*How to complete this task:* Which lines in the records below include the word "expected"? Report each of them in full.

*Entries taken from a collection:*
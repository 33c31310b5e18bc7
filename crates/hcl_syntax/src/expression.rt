//! Expressions. The functions of the cycle call each other only after an opener or in an open directive, so the depth
//! of the recursion is bounded; everything that can be chained without an opener is a loop with a count.

ghost use Rattle.std.specs.Prelude.{◌≡◌, ◌+◌, ◌<◌, ◌≤◌, ◌^◌, ℕ, List, [], ◌∷◌, ◌++◌, length, Some, None, Ok, OnOk, IfOk, IfSome, true, false};
ghost use Rattle.std.specs.Bool.{OnTrue, OnFalse};
ghost use Rattle.hcl_syntax.specs.Inner.Cursors.{past_newlines, first};
ghost use Rattle.hcl_grammar.specs.Grammar.{◌at◌, the, expr, after, after_ident, path, index, args, tuple, tuple_item, tuple_if, object, object_item, group, object_if, separator, names, step};
ghost use Rattle.hcl_syntax.specs.Inner.Parsing.{Advances, Parses, with_refusal, after_follow, has_next_operand, is_prefix};
ghost use Rattle.hcl_syntax.specs.Inner.Standings.{Consumes, NeverReturns};
ghost use Rattle.hcl_grammar.specs.declared.expected.Terminal.TheVariants.{Name, Separator, FatArrow, EndBracket, EndBrace};
ghost use Rattle.hcl_grammar.specs.declared.expected.Newlines.TheVariants.{Seen, Dropped};

use crate::cursor::Cursor;
use crate::expected::{Follow, Refused};
use hcl_grammar::{Class, Lookahead, Newlines, Refusal, Terminal};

*Reply:*
ghost use Rattle.hcl_grammar.specs.declared.expected.Terminal.TheVariants.{Name, Separator, FatArrow, EndBracket, EndBrace};
ghost use Rattle.hcl_grammar.specs.declared.expected.Newlines.TheVariants.{Seen, Dropped};
use crate::expected::{Follow, Refused};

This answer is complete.